Saved entries
+ + + +
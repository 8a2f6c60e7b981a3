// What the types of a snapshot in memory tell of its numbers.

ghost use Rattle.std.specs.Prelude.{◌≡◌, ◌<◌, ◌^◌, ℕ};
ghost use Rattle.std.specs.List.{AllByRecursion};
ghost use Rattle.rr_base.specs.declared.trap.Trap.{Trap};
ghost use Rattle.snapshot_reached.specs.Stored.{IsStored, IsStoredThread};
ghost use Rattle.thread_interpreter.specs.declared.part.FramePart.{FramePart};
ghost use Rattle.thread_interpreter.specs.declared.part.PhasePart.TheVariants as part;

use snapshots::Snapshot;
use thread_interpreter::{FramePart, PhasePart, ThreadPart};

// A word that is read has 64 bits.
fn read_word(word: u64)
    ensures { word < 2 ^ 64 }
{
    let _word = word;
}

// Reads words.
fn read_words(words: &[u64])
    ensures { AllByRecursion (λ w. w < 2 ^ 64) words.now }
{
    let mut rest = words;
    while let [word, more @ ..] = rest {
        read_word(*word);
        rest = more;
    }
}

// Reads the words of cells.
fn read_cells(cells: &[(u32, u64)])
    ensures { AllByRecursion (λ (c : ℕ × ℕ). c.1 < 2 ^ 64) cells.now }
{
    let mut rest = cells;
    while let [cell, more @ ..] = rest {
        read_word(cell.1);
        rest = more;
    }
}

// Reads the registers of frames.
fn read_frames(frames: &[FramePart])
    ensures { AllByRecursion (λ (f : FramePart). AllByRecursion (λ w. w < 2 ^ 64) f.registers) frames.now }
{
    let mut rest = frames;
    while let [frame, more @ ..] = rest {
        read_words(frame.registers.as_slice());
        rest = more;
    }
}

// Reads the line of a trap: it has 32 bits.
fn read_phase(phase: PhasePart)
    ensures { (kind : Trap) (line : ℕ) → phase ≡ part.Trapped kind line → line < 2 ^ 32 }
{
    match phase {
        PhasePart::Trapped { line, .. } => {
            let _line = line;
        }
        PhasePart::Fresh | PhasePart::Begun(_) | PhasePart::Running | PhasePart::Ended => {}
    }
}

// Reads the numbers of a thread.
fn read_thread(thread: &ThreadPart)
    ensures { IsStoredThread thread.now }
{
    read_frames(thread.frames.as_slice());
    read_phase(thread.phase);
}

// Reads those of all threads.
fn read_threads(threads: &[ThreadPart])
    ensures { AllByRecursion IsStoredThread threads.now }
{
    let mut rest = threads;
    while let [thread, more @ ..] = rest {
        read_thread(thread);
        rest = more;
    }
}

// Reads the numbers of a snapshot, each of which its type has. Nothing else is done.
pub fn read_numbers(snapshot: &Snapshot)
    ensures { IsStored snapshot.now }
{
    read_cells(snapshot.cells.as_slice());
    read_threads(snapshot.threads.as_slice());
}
+ + + +
• _WORK INSTRUCTIONS_: For this exercise, repeat exactly the lines of the data above from the one with "PhasePart::Fresh | PhasePart::Begun(_)" down to the one with "else is done.", both end lines included.

• _EXPECTED ANSWER_:
        PhasePart::Fresh | PhasePart::Begun(_) | PhasePart::Running | PhasePart::Ended => {}
    }
}

// Reads the numbers of a thread.
fn read_thread(thread: &ThreadPart)
    ensures { IsStoredThread thread.now }
{
    read_frames(thread.frames.as_slice());
    read_phase(thread.phase);
}

// Reads those of all threads.
fn read_threads(threads: &[ThreadPart])
    ensures { AllByRecursion IsStoredThread threads.now }
{
    let mut rest = threads;
    while let [thread, more @ ..] = rest {
        read_thread(thread);
        rest = more;
    }
}

// Reads the numbers of a snapshot, each of which its type has. Nothing else is done.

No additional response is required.